── DATA UNDER STUDY ──

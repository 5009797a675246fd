// How a tile is coded, and the heading that a unit carries over the radio.
ghost use Rattle.std.specs.Prelude.{◌≡◌};
ghost use Rattle.ends.specs.Calls.{restart_heading};

// The place of the tile's top left sample, its QP and its mode, as yet unchecked.
// They stay plain numbers: what goes over the radio is fixed, and what is handed in may be anything.
#[derive(Clone, Copy)]
pub struct Coding {
    pub x: u16,
    pub y: u16,
    pub qp: u8,
    pub mode: u8,
}

// What the camera gives out with the levels of a tile; the two make a unit.
// `number` is the camera's count before the call. A restart has tag 0, no levels, and zeros for its coding.
// Number and tag stay plain, as the coding does.
#[derive(Clone, Copy)]
pub struct Heading {
    pub number: u32,
    pub tag: u8,
    pub coding: Coding,
}

impl Heading {
    pub fn restart(number: u32) -> Heading
        ensures { result ≡ restart_heading number }
    {
        Heading {
            number,
            tag: 0,
            coding: Coding {
                x: 0,
                y: 0,
                qp: 0,
                mode: 0,
            },
        }
    }
}
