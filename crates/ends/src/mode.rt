// What the samples of a tile are predicted by.
ghost use Rattle.std.specs.Prelude.{◌≡◌, ◌<◌, ◌≤◌, MatchResult};
ghost use Rattle.ends.specs.Tiles.{sort_of, mode_of};

use kinds::Sort;

#[derive(Clone, Copy)]
pub enum Mode {
    // each sample by what the plane holds there
    Colocated = 0,
    // the sample just above the tile, down each column
    Vertical = 1,
    // the sample just left of the tile, along each row
    Horizontal = 2,
    // one mean of the samples above and left, for the whole tile
    Mean = 3,
}

// A number above 3 is no mode.
#[derive(Clone, Copy)]
pub struct ModeFault;

impl TryFrom<u8> for Mode {
    type Error = ModeFault;

    ghost try_from_gives = { λ number answer. MatchResult answer (λ mode. (mode ≡ mode_of number) × (number ≤ 3)) (λ _. 3 < number) };

    fn try_from(number: u8) -> Result<Mode, ModeFault> {
        match number {
            0 => Ok(Mode::Colocated),
            1 => Ok(Mode::Vertical),
            2 => Ok(Mode::Horizontal),
            3 => Ok(Mode::Mean),
            _ => Err(ModeFault),
        }
    }
}

impl Mode {
    // No From: `mode.sort()` names what it gives.
    pub fn sort(self) -> Sort
        ensures { result ≡ sort_of self }
    {
        match self {
            Mode::Colocated => Sort::Inter,
            Mode::Vertical | Mode::Horizontal | Mode::Mean => Sort::Intra,
        }
    }
}
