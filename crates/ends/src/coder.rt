// One tile through a kind: prediction, residual, levels, reconstruction, plane.
// Nothing is stored before the kind has answered. Memory is fixed, at the size of the largest tile: firmware has no heap.
// That lists have the kind's number of elements stands in each contract: a slice's type does not say its length.
ghost use Rattle.std.specs.Prelude.{◌≡◌, length, is_some, is_ok, if◌then◌else◌};
ghost use Rattle.kinds.specs.Meaning.{area};
ghost use Rattle.ends.specs.Planes.{bytes};
ghost use Rattle.ends.specs.Tiles.{code_levels, stored};

use crate::samples;
use crate::samples::LARGEST;
use crate::task::Task;
use crate::window::Window;
use kinds::{Kind, WidthFault};

// Codes a tile: its levels go into memory and its new samples into the plane, unless the kind refuses.
pub fn code_tile<K: Kind>(
    kind: &K,
    plane: &mut [u8],
    task: Task,
    source: &[u8],
    levels: &mut [i16],
) -> Result<(), WidthFault>
    requires plane { length plane.old ≡ bytes task.tile.size }
    requires edge { task.tile.edge ≡ (K.meaning kind.now).edge }
    requires source { length source.now ≡ area (K.meaning kind.now) }
    requires levels { length levels.old ≡ area (K.meaning kind.now) }
    ensures answer { is_ok result ≡ is_some ((K.meaning kind.now).reconstruction task.qp (code_levels (K.meaning kind.now) task plane.old source.now)) }
    ensures plane { plane.new ≡ stored task plane.old ((K.meaning kind.now).reconstruction task.qp (code_levels (K.meaning kind.now) task plane.old source.now)) }
    ensures levels { levels.new ≡ (if is_ok result then code_levels (K.meaning kind.now) task plane.old source.now else levels.old) }
{
    let Task { tile, mode, qp } = task;
    let area = tile.area();
    let mut sample_memory = [0; LARGEST];
    let mut residual_memory = [0; LARGEST];
    let mut reconstruction_memory = [0; LARGEST];
    let residual = &mut residual_memory[..area];
    let reconstruction = &mut reconstruction_memory[..area];
    let mut window = Window { plane, tile };
    let mut samples = window.predict(mode, &mut sample_memory);
    samples::subtract(source, samples.as_slice(), residual);
    // `let .. else` and not `?`: a rule of the project, so that a refusal is seen to leave before anything is stored.
    let Ok(()) = kind.levels(qp, mode.sort(), residual, levels, reconstruction) else {
        return Err(WidthFault);
    };
    window.reconstruct(&mut samples, reconstruction);
    Ok(())
}

// Reconstructs a coded tile in the plane, unless the kind refuses its levels.
pub fn follow_tile<K: Kind>(
    kind: &K,
    plane: &mut [u8],
    task: Task,
    levels: &[i16],
) -> Result<(), WidthFault>
    requires plane { length plane.old ≡ bytes task.tile.size }
    requires edge { task.tile.edge ≡ (K.meaning kind.now).edge }
    requires levels { length levels.now ≡ area (K.meaning kind.now) }
    ensures answer { is_ok result ≡ is_some ((K.meaning kind.now).reconstruction task.qp levels.now) }
    ensures plane { plane.new ≡ stored task plane.old ((K.meaning kind.now).reconstruction task.qp levels.now) }
{
    let Task { tile, mode, qp } = task;
    let area = tile.area();
    let mut sample_memory = [0; LARGEST];
    let mut reconstruction_memory = [0; LARGEST];
    let reconstruction = &mut reconstruction_memory[..area];
    // `let .. else` and not `?`: a rule of the project, so that a refusal is seen to leave before anything is stored.
    let Ok(()) = kind.reconstruct(qp, levels, reconstruction) else {
        return Err(WidthFault);
    };
    let mut window = Window { plane, tile };
    let mut samples = window.predict(mode, &mut sample_memory);
    window.reconstruct(&mut samples, reconstruction);
    Ok(())
}
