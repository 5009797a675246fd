// What a coding that has passed its rules asks for.
ghost use Rattle.std.specs.Prelude.{◌≡◌, Some, None, Option, if◌then◌else◌};
ghost use Rattle.ends.specs.Tasks.{lacks_border as no_border};

use crate::mode::Mode;
use crate::tile::Tile;
use kinds::Qp;
use std::marker::Model;

// A tile, its mode and its QP. What the mode repeats lies in the plane.
#[derive(Clone, Copy)]
pub struct Task {
    pub tile: Tile,
    pub mode: Mode,
    pub qp: Qp,
}

impl Model for Task {
    ghost use Rattle.ends.specs.Tasks.{Task as Asked, Bordered};

    ghost Value = { Asked };

    ghost view = { λ t. record { tile = t.tile; mode = t.mode; qp = t.qp } };

    ghost inverse = { λ t. record { tile = t.tile; mode = t.mode; qp = t.qp } };

    ghost invariant = { λ t. Bordered t.tile t.mode };
}

impl Task {
    // The task, if what its mode repeats lies in the plane.
    pub fn new(tile: Tile, mode: Mode, qp: Qp) -> Option<Task>
        ensures { result ≡ (if no_border tile mode then None else Some (record { tile = tile; mode = mode; qp = qp })) }
    {
        if lacks_border(tile, mode) {
            return None;
        }
        Some(Task { tile, mode, qp })
    }
}

fn lacks_border(tile: Tile, mode: Mode) -> bool
    ensures { result ≡ no_border tile mode }
{
    match mode {
        Mode::Vertical => tile.y == 0,
        Mode::Horizontal => tile.x == 0,
        Mode::Colocated | Mode::Mean => false,
    }
}
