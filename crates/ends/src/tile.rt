// A tile: a square of the samples of a plane.
ghost use Rattle.std.specs.Prelude.{◌≡◌, ◌*◌, ◌<◌, ◌≤◌, Some, None, if◌then◌else◌};
ghost use Rattle.ends.specs.Refusals.{bad_place};

use crate::plane::Size;
use std::marker::Model;

// The plane's size, the place of the tile's top left sample, and its edge. The tile lies in the plane.
#[derive(Clone, Copy)]
pub struct Tile {
    pub size: Size,
    pub x: usize,
    pub y: usize,
    pub edge: usize,
}

impl Model for Tile {
    ghost use Rattle.ends.specs.Tasks.{Tile as Square, Placed};

    ghost Value = { Square };

    ghost view = { λ t. record { size = t.size; x = t.x; y = t.y; edge = t.edge } };

    ghost inverse = { λ t. record { size = t.size; x = t.x; y = t.y; edge = t.edge } };

    ghost invariant = { λ t. Placed (record { size = t.size; x = t.x; y = t.y; edge = t.edge }) };
}

impl Tile {
    // The tile at a place, if it is in line there and does not leave the plane.
    pub fn new(size: Size, edge: usize, x: u16, y: u16) -> Option<Tile>
        requires some { 0 < edge }
        requires few { edge ≤ 16 }
        ensures { result ≡ (if bad_place size edge x y then None else Some (record { size = size; x = x; y = y; edge = edge })) }
    {
        let (x, y) = (usize::from(x), usize::from(y));
        let in_line = x % edge == 0 && y % edge == 0;
        let inside = x + edge <= usize::from(size.width) && y + edge <= usize::from(size.height);
        if in_line && inside {
            Some(Tile { size, x, y, edge })
        } else {
            None
        }
    }

    // The number of its samples.
    pub fn area(self) -> usize
        ensures value { result ≡ self.edge * self.edge }
        ensures bound { result ≤ 256 }
    {
        self.edge * self.edge
    }
}
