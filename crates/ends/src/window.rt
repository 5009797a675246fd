// A tile in its plane, which is lent. Nothing else in this crate knows how the samples of a plane are laid out.
ghost use Rattle.std.specs.Prelude.{◌≡◌, ℕ, ◌+◌, ◌*◌, ◌<◌, ◌≤◌, length, slice_index};
ghost use Rattle.ends.specs.Planes.{bytes, sample};
ghost use Rattle.ends.specs.Tiles.{with_tile, reconstructed};

use crate::samples::Samples;
use crate::tile::Tile;

#[derive(Drop)]
pub struct Window<'a> {
    pub plane: &'a mut [u8],
    pub tile: Tile,
    ghost whole: { length plane.now ≡ bytes tile.size },
}

impl Window<'_> {
    // The samples from (x, y) on, to the right, as many as the edge.
    pub fn row(&self, x: usize, y: usize) -> &[u8]
        requires right { x + self.now.tile.edge ≤ self.now.tile.size.width }
        requires bottom { y < self.now.tile.size.height }
        ensures long { length result.now ≡ self.now.tile.edge }
        ensures samples { (j : ℕ) → j < self.now.tile.edge → slice_index result.now j ≡ sample self.now.tile.size self.now.plane.now (x + j) y }
    {
        let tile = self.tile;
        let first = y * usize::from(tile.size.width) + x;
        &self.plane[first..first + tile.edge]
    }

    pub fn sample(&self, x: usize, y: usize) -> u8
        requires right { x < self.now.tile.size.width }
        requires bottom { y < self.now.tile.size.height }
        ensures { result ≡ sample self.now.tile.size self.now.plane.now x y }
    {
        let tile = self.tile;
        self.plane[y * usize::from(tile.size.width) + x]
    }

    // Stores the prediction with its reconstructed residual added.
    pub fn reconstruct(&mut self, prediction: &mut Samples, residual: &[i16])
        requires edge { prediction.old.edge ≡ self.old.tile.edge }
        requires residual { length residual.now ≡ length prediction.old.values.now }
        ensures same_reference { self.new.plane.ghost_name ≡ self.old.plane.ghost_name }
        ensures plane { self.new.plane.now ≡ with_tile self.old.tile (reconstructed prediction.old.values.now residual.now) self.old.plane.now }
    {
        prediction.add(residual);
        self.store(prediction.as_slice());
    }

    fn store(&mut self, samples: &[u8])
        requires { length samples.now ≡ self.old.tile.edge * self.old.tile.edge }
        ensures same_reference { self.new.plane.ghost_name ≡ self.old.plane.ghost_name }
        ensures plane { self.new.plane.now ≡ with_tile self.old.tile samples.now self.old.plane.now }
    {
        let tile = self.tile;
        let plane = &mut *self.plane;
        // The plane by number: its rows are longer than the tile's, and begin elsewhere.
        for (i, row) in samples.chunks_exact(tile.edge).enumerate() {
            let first = (tile.y + i) * usize::from(tile.size.width) + tile.x;
            plane[first..first + tile.edge].copy_from_slice(row);
        }
    }
}
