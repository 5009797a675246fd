// The camera end: it codes tiles into units and gives out restarts.
// Its plane is handed to each call, and holds what the handset's will hold once it has followed.
// A type of its own, so that no handset's call is made on it: `open` and `count` are therefore written twice.
ghost use Rattle.std.specs.Prelude.{◌≡◌};
ghost use Rattle.ends.specs.Calls.{as_camera, open_call, code_call, restart_call};
ghost use Rattle.ends.specs.Runs.{RunLaw};

use crate::coding::{Coding, Heading};
use crate::end::End;
use crate::plane::Size;
use crate::refusal::Refusal;
use crate::{coder, plane};
use kinds::Kind;

#[derive(Drop)]
pub struct Camera {
    end: End,
}

impl Camera {
    // A camera whose plane is blank. Ends opened with the same size and first count are opened alike.
    pub fn open(size: Size, first: u32, plane: &mut [u8]) -> Result<Camera, Refusal>
        ensures answer { result ≡ as_camera (open_call size first plane.old).answer }
        ensures plane { plane.new ≡ (open_call size first plane.old).plane }
        ensures law { RunLaw size first }
    {
        Ok(Camera {
            end: End::open(size, first, plane)?,
        })
    }

    // The number of the next unit or restart.
    pub fn count(&self) -> u32
        ensures { result ≡ self.now.end.count }
    {
        self.end.count
    }

    // Codes a tile: its levels fill the memory, its reconstruction is stored in the plane, and the count goes up by one.
    #[tactic(auto, unfolding(crate::specs::Calls::coded))]
    pub fn code<K: Kind>(
        &mut self,
        kind: &K,
        plane: &mut [u8],
        coding: Coding,
        source: &[u8],
        levels: &mut [i16],
    ) -> Result<Heading, Refusal>
        ensures { code_call (K.meaning kind.now) self.old.end plane.old coding source.now levels.old ≡ record { answer = result; end = self.new.end; plane = plane.new; levels = levels.new } }
    {
        let task = self.end.check_code(kind, plane, coding, source, levels)?;
        coder::code_tile(kind, plane, task, source, levels)?;
        Ok(Heading {
            number: self.end.advance(),
            tag: kind.tag(),
            coding,
        })
    }

    // Makes the plane blank, so that a handset can begin anew from here.
    #[tactic(auto, unfolding(crate::specs::Calls::restarted))]
    pub fn restart(&mut self, plane: &mut [u8]) -> Result<Heading, Refusal>
        ensures { restart_call self.old.end plane.old ≡ record { answer = result; end = self.new.end; plane = plane.new } }
    {
        self.end.check_restart(plane)?;
        plane::clear(plane);
        Ok(Heading::restart(self.end.advance()))
    }
}
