// The prediction of a tile from its plane, by one of four modes.
ghost use Rattle.std.specs.Prelude.{◌≡◌, ◌*◌, ◌<◌, ◌≤◌};
ghost use Rattle.ends.specs.Tasks.{Bordered};
ghost use Rattle.ends.specs.Tiles.{above, left, mean as mean_of, prediction};

use crate::mode::Mode;
use crate::samples::{LARGEST, Samples};
use crate::window::Window;

impl Window<'_> {
    // What a mode predicts for the tile, in memory for the largest.
    #[tactic(auto, unfolding(crate::specs::Tiles::prediction))]
    pub fn predict<'m>(&self, mode: Mode, memory: &'m mut [u8; LARGEST]) -> Samples<'m>
        requires { Bordered self.now.tile mode }
        ensures values { result.values.now ≡ prediction mode self.now.tile self.now.plane.now }
        ensures edge { result.edge ≡ self.now.tile.edge }
    {
        let tile = self.tile;
        let mut samples = Samples {
            values: &mut memory[..tile.area()],
            edge: tile.edge,
        };
        match mode {
            Mode::Colocated => samples.write_rows(move |i, row| {
                row.copy_from_slice(self.row(tile.x, tile.y + i))
            }),
            Mode::Vertical => samples.write_rows(move |_, row| {
                row.copy_from_slice(self.row(tile.x, tile.y - 1))
            }),
            Mode::Horizontal => samples.write_rows(move |i, row| {
                row.fill(self.sample(tile.x - 1, tile.y + i))
            }),
            Mode::Mean => {
                let mean = self.mean();
                samples.write_rows(move |_, row| row.fill(mean))
            }
        }
        samples
    }

    // The mean of the samples above and left of the tile, as far as there are any.
    fn mean(&self) -> u8
        ensures { result ≡ mean_of self.now.tile self.now.plane.now }
    {
        let tile = self.tile;
        let n = tile.edge;
        let mean = match (tile.y > 0, tile.x > 0) {
            (false, false) => 128,
            (false, true) => (self.sum_left() + n / 2) / n,
            (true, false) => (self.sum_above() + n / 2) / n,
            (true, true) => (self.sum_above() + self.sum_left() + n) / (2 * n),
        };
        mean as u8
    }

    // The sum of the samples just above the tile.
    fn sum_above(&self) -> usize
        requires { 0 < self.now.tile.y }
        ensures value { result ≡ above self.now.tile self.now.plane.now }
        ensures bound { result ≤ 255 * self.now.tile.edge }
    {
        let tile = self.tile;
        let above = self.row(tile.x, tile.y - 1);
        above.iter().map(|sample| usize::from(*sample)).sum()
    }

    // The sum of the samples just left of the tile. Beside `sum_above`, which reads a slice: a column is none.
    fn sum_left(&self) -> usize
        requires { 0 < self.now.tile.x }
        ensures value { result ≡ left self.now.tile self.now.plane.now }
        ensures bound { result ≤ 255 * self.now.tile.edge }
    {
        let tile = self.tile;
        (0..tile.edge)
            .map(move |i| usize::from(self.sample(tile.x - 1, tile.y + i)))
            .sum()
    }
}
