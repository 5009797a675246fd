// The handset end: it follows the camera's units and resumes at its restarts.
// Its plane is handed to each call. A type of its own, so that no camera's call is made on it.
ghost use Rattle.std.specs.Prelude.{◌≡◌};
ghost use Rattle.ends.specs.Calls.{as_handset, open_call, follow_call, resume_call};
ghost use Rattle.ends.specs.Runs.{RunLaw};

use crate::coding::Heading;
use crate::end::End;
use crate::plane::Size;
use crate::refusal::Refusal;
use crate::{coder, plane};
use kinds::Kind;

#[derive(Drop)]
pub struct Handset {
    end: End,
}

impl Handset {
    // A handset whose plane is blank. Ends opened with the same size and first count are opened alike.
    pub fn open(size: Size, first: u32, plane: &mut [u8]) -> Result<Handset, Refusal>
        ensures answer { result ≡ as_handset (open_call size first plane.old).answer }
        ensures plane { plane.new ≡ (open_call size first plane.old).plane }
        ensures law { RunLaw size first }
    {
        Ok(Handset {
            end: End::open(size, first, plane)?,
        })
    }

    // The number of the unit that would be taken next.
    pub fn count(&self) -> u32
        ensures { result ≡ self.now.end.count }
    {
        self.end.count
    }

    // Takes the unit whose number is the count: stores the reconstruction of its levels, and raises the count by one.
    #[tactic(auto, unfolding(crate::specs::Calls::followed))]
    pub fn follow<K: Kind>(
        &mut self,
        kind: &K,
        plane: &mut [u8],
        heading: Heading,
        levels: &[i16],
    ) -> Result<(), Refusal>
        ensures { follow_call (K.meaning kind.now) self.old.end plane.old heading levels.now ≡ record { answer = result; end = self.new.end; plane = plane.new } }
    {
        let task = self.end.check_follow(kind, plane, heading, levels)?;
        coder::follow_tile(kind, plane, task, levels)?;
        self.end.advance();
        Ok(())
    }

    // Takes a restart whose number is the count or above: makes the plane blank, and counts on from there.
    #[tactic(auto, unfolding(crate::specs::Calls::resumed))]
    pub fn resume(&mut self, plane: &mut [u8], heading: Heading) -> Result<(), Refusal>
        ensures { resume_call self.old.end plane.old heading ≡ record { answer = result; end = self.new.end; plane = plane.new } }
    {
        self.end.check_resume(plane, heading)?;
        plane::clear(plane);
        self.end.advance_past(heading.number);
        Ok(())
    }
}
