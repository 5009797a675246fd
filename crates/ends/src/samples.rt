// The samples of a tile, row by row over the tile, in memory that is lent, and the arithmetic on them.
ghost use Rattle.std.specs.Prelude.{◌≡◌, ℕ, ◌*◌, ◌/◌, ◌%◌, ◌<◌, length, map, pos, ◌+ℤ◌, slice_index};
ghost use Rattle.std.specs.List.{range_with_len};
ghost use Rattle.kinds.specs.Meaning.{Differences};
ghost use Rattle.ends.specs.Tiles.{residual as residual_of, clip as clip_of, reconstructed};

// The number of samples of the largest tile, and so the length of memory that is lent.
pub const LARGEST: usize = 256;

#[derive(Drop)]
pub struct Samples<'a> {
    pub values: &'a mut [u8],
    pub edge: usize,
    ghost square: { length values.now ≡ edge * edge },
    ghost some: { 0 < edge },
}

impl Samples<'_> {
    pub fn as_slice(&self) -> &[u8]
        ensures { result.now ≡ self.now.values.now }
    {
        self.values
    }

    // Has each row written, by its number.
    pub fn write_rows<F: Fn(usize, &mut [u8])>(&mut self, write: F)
        ghost value: { ℕ → ℕ → ℕ }
        requires callable { (i : ℕ) (row : _) → i < self.old.edge → length row.now ≡ self.old.edge → F.pre write i row }
        requires written { (i : ℕ) (row : _) (row' : _) → i < self.old.edge → length row.now ≡ self.old.edge → length row'.now ≡ self.old.edge → F.post write i row tt row' → (j : ℕ) → j < self.old.edge → slice_index row'.now j ≡ value j i }
        ensures values { self.new.values.now ≡ map (λ k. value (k % self.old.edge) (k / self.old.edge)) (range_with_len 0 (self.old.edge * self.old.edge)) }
        ensures edge { self.new.edge ≡ self.old.edge }
    {
        let edge = self.edge;
        let values = &mut *self.values;
        // By number: within a loop over chunks_exact_mut the check does not cover the call, and after one it knows no sample.
        for i in 0..edge {
            write(i, &mut values[i * edge..i * edge + edge]);
        }
    }

    // Adds a reconstructed residual to the prediction: these become the new samples.
    pub fn add(&mut self, residual: &[i16])
        requires { length residual.now ≡ length self.old.values.now }
        ensures values { self.new.values.now ≡ reconstructed self.old.values.now residual.now }
        ensures edge { self.new.edge ≡ self.old.edge }
    {
        let values = &mut *self.values;
        // The residual by number: after a loop over a zip with iter_mut the check knows no sample.
        for (k, value) in values.iter_mut().enumerate() {
            *value = clip(*value, residual[k]);
        }
    }
}

// The source less its prediction.
pub fn subtract(source: &[u8], prediction: &[u8], residual: &mut [i16])
    requires source { length source.now ≡ length prediction.now }
    requires residual { length residual.old ≡ length prediction.now }
    ensures value { residual.new ≡ residual_of source.now prediction.now }
    ensures narrow { Differences residual.new }
{
    // Both by number, as in `add`.
    for (k, difference) in residual.iter_mut().enumerate() {
        *difference = i16::from(source[k]) - i16::from(prediction[k]);
    }
}

// A new sample: prediction plus reconstructed residual, held to 0..255.
fn clip(prediction: u8, residual: i16) -> u8
    ensures { result ≡ clip_of (pos prediction +ℤ residual) }
{
    i16::from(prediction).saturating_add(residual).clamp(0, 255) as u8
}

───

Looking back at the data above, tally each line that includes the word "goes", then answer with the total alone.

EXPECTED OUTPUT: 2